Google and Fair Use


News.com’s Declan McCullogh looks at the copyright suits where Google is a defendant: Copyright tussles for Google: “As Google becomes more deeply interested in books and video, and expands its search domain beyond Web pages, it has found itself increasingly at odds with established copyright industries including book publishers, journalists, and professional photographers.”
Frank Pasquale, Madisonian: <Would Google Go Out of Business Without Fair Use?>: “I’ve also thought that the worst outcome in these cases would be Google’s decision to use its massive cash reserves to settle all the cases. For that would help set a precedent that might seal its (and perhaps a few other high-market-capped search engines) dominance over the field. Who else would have the cash reserves to compete in the search engine market, given the huge barriers to entry created by licensing fees?”

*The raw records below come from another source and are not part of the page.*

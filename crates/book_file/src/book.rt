//! The rows that were read from a database file.
use audit_rows::Rule;
use sql_tables::Version;
use table_rows::Tables;

/// The rows of a database, with the result of the audit.
#[derive(Drop)]
pub struct Book {
    /// The schema version.
    pub version: Version,
    /// The first audit rule that the rows break, or `None` if they are the rows of sound contents.
    pub failing: Option<Rule>,
    /// The rows of all tables, sorted. Replies are without their request bytes and bodies.
    pub tables: Tables,
    /// The size of the database file in bytes, if it is known.
    pub size: Option<u64>,
}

William McGeveran, Info/Law: Google, Fair Use, and Settlement: “So, not only would settlements lock in Google as the super-dominant player as Pasquale says (and as many techies have begun to fear anyway), it also would short-circuit the movement of the law to a reasonable accommodation of search technology. To be sure, that movement is slow, indirect, and sometimes fumbling, but it is happening.”
McGeveran goes on to discuss the analogy of academic fair uses settlements between publishers and universities. The end result being that the actual practices of fair use are constrained to a much smaller set of actions that the law proscribes.